### What is expected:
List all lines of the data that include the string "holds".

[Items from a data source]
━━━━━━━━━━

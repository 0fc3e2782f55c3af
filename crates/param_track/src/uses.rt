//! What becomes of each pair of a StartupMessage.
ghost use Rattle.std.specs.Prelude.{◌≡◌, option_map};
ghost use Rattle.ini_config.specs.OptionValues.{has_folded};
ghost use Rattle.message_view.specs.Left.{pairs_left};
ghost use Rattle.param_track.specs.StartKeys as spec;

use ini_config::{Settings, is_always_followed};
use message_view::StartupView;
use start_keys::pairs::{is_identity, next_pair};

/// What a pair's name makes of it.
#[derive(Clone, Copy, PartialEq, Eq)]
pub(crate) enum Use {
    /// `user` or `database`, which are no parameters.
    Identity,
    /// A part of the key.
    Followed,
    /// Left out of the key.
    Dropped,
    Unsupported,
    Replication,
}

/// Whether the name is `user` or `database`, without regard to the case of ASCII letters.
fn folds_to_identity(name: &[u8]) -> bool
    ensures { result ≡ spec.folds_to_identity name.now }
{
    name.eq_ignore_ascii_case(b"user") || name.eq_ignore_ascii_case(b"database")
}

/// Whether the parameter is followed where nothing is said of it, and the settings don't untrack it.
#[tactic(auto, using(crate::proofs::Untracking::still_named))]
fn is_still_followed(settings: &Settings, name: &[u8]) -> bool
    ensures { result ≡ has_folded (spec.still_followed settings.now) name.now }
{
    is_always_followed(name) && !settings.untracks(name)
}

/// Whether it is the parameter `replication`, and not ignored.
fn is_replication(settings: &Settings, name: &[u8]) -> bool
    ensures { result ≡ spec.is_replication (spec.names_of settings.now) name.now }
{
    name.eq_ignore_ascii_case(b"replication") && !settings.ignores(name)
}

#[tactic(auto, using(crate::proofs::Untracking::followed_named))]
fn is_followed(settings: &Settings, name: &[u8]) -> bool
    ensures { result ≡ spec.is_followed (spec.names_of settings.now) name.now }
{
    !folds_to_identity(name) && (is_still_followed(settings, name) || settings.tracks(name))
}

/// What the settings make of a pair of this name.
pub(crate) fn use_of(settings: &Settings, name: &[u8]) -> Use
    ensures { result ≡ spec.use_of (spec.names_of settings.now) name.now }
{
    if is_identity(name) {
        return Use::Identity;
    }
    if is_replication(settings, name) {
        return Use::Replication;
    }
    if is_followed(settings, name) {
        return Use::Followed;
    }
    if settings.ignores(name) {
        return Use::Dropped;
    }
    Use::Unsupported
}

/// Whether the settings make this of one of the pairs.
pub(crate) fn has_use(settings: &Settings, start: &StartupView<'_>, wanted: Use) -> bool
    ensures { result ≡ spec.has_use (spec.names_of settings.now) wanted (pairs_left start.now.pairs) }
{
    let mut pairs = start.pairs();
    while let Some((name, _)) = next_pair(&mut pairs) {
        if use_of(settings, name) == wanted {
            return true;
        }
    }
    false
}

/// The name of the first pair of which the settings make this.
fn first_name<'a>(settings: &Settings, start: &StartupView<'a>, wanted: Use) -> Option<&'a [u8]>
    ensures { option_map (λ n. n.now) result ≡ spec.first_name (spec.names_of settings.now) wanted (pairs_left start.now.pairs) }
{
    let mut pairs = start.pairs();
    while let Some((name, _)) = next_pair(&mut pairs) {
        if use_of(settings, name) == wanted {
            return Some(name);
        }
    }
    None
}

/// The name, as it was sent, of the parameter for which a message is refused as unsupported: the first that is neither followed
/// nor ignored; where there is none, `replication`, unless the settings ignore it. It takes no memory.
pub fn unsupported_name<'a>(settings: &Settings, start: &StartupView<'a>) -> Option<&'a [u8]>
    ensures { option_map (λ n. n.now) result ≡ spec.unsupported_name (spec.names_of settings.now) (pairs_left start.now.pairs) }
{
    match first_name(settings, start, Use::Unsupported) {
        Some(name) => Some(name),
        None => first_name(settings, start, Use::Replication),
    }
}
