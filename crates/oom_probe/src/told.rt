//! Lines of text. Of each the only error is that memory was refused.

use itoa::Buffer;
use std::alloc::{AllocError, Global};

/// Appends a line of a name and bytes in lower-case hex.
pub fn put_bytes(
    alloc: Global,
    name: &[u8],
    bytes: &[u8],
    out: &mut Vec<u8>,
) -> Result<(), AllocError> {
    let text = hex::encode(alloc, bytes)?;
    out.extend_from_slice(name)?;
    out.push(b' ')?;
    out.extend_from_slice(text.as_bytes())?;
    out.extend_from_slice(b"\n")
}

/// Appends a line of a name and numbers.
pub fn put_numbers(name: &[u8], numbers: &[u64], out: &mut Vec<u8>) -> Result<(), AllocError> {
    out.extend_from_slice(name)?;
    for number in numbers {
        let mut digits = Buffer::new();
        out.push(b' ')?;
        out.extend_from_slice(digits.format(*number).as_bytes())?;
    }
    out.extend_from_slice(b"\n")
}

/// Appends what is wrong, where something doesn't hold that is promised.
pub fn put_unless(holds: bool, wrong: &[u8], out: &mut Vec<u8>) -> Result<(), AllocError> {
    if holds {
        return Ok(());
    }
    out.extend_from_slice(b"wrong: ")?;
    out.extend_from_slice(wrong)?;
    out.extend_from_slice(b"\n")
}
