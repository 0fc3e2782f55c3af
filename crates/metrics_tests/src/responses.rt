//! What requests are answered.
use metrics_http::request::Asked;
use metrics_http::response::{with_metrics, without_metrics};
use std::test::Fail;

#[test]
fn metrics(rt: HostRuntime) -> Result<(), Fail> {
    let rows: &[(&[u8], &[u8])] = &[
        (
            b"a 1\n# EOF\n",
            b"HTTP/1.1 200 OK\r\nContent-Type: application/openmetrics-text; version=1.0.0; charset=utf-8\r\nContent-Length: 10\r\nConnection: close\r\n\r\na 1\n# EOF\n",
        ),
        (
            b"",
            b"HTTP/1.1 200 OK\r\nContent-Type: application/openmetrics-text; version=1.0.0; charset=utf-8\r\nContent-Length: 0\r\nConnection: close\r\n\r\n",
        ),
    ];
    for &(text, wanted) in rows {
        let response = with_metrics(rt.alloc(), text)?;
        assert!(rt; response.as_slice() == wanted);
    }
    Ok(())
}

#[test]
fn refusals(rt: HostRuntime) {
    let rows: &[(Asked, &[u8])] = &[
        (
            Asked::Metrics,
            b"HTTP/1.1 503 Service Unavailable\r\nContent-Length: 0\r\nConnection: close\r\n\r\n",
        ),
        (
            Asked::Malformed,
            b"HTTP/1.1 400 Bad Request\r\nContent-Length: 0\r\nConnection: close\r\n\r\n",
        ),
        (
            Asked::NotFound,
            b"HTTP/1.1 404 Not Found\r\nContent-Length: 0\r\nConnection: close\r\n\r\n",
        ),
        (
            Asked::NotAllowed,
            b"HTTP/1.1 405 Method Not Allowed\r\nAllow: GET\r\nContent-Length: 0\r\nConnection: close\r\n\r\n",
        ),
        (
            Asked::Misdirected,
            b"HTTP/1.1 421 Misdirected Request\r\nContent-Length: 0\r\nConnection: close\r\n\r\n",
        ),
    ];
    for &(asked, wanted) in rows {
        assert!(rt; without_metrics(asked) == wanted);
    }
}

━━━━━━━━━━

### Solution to this problem:
pub fn put_unless(holds: bool, wrong: &[u8], out: &mut Vec<u8>) -> Result<(), AllocError> {
    if holds {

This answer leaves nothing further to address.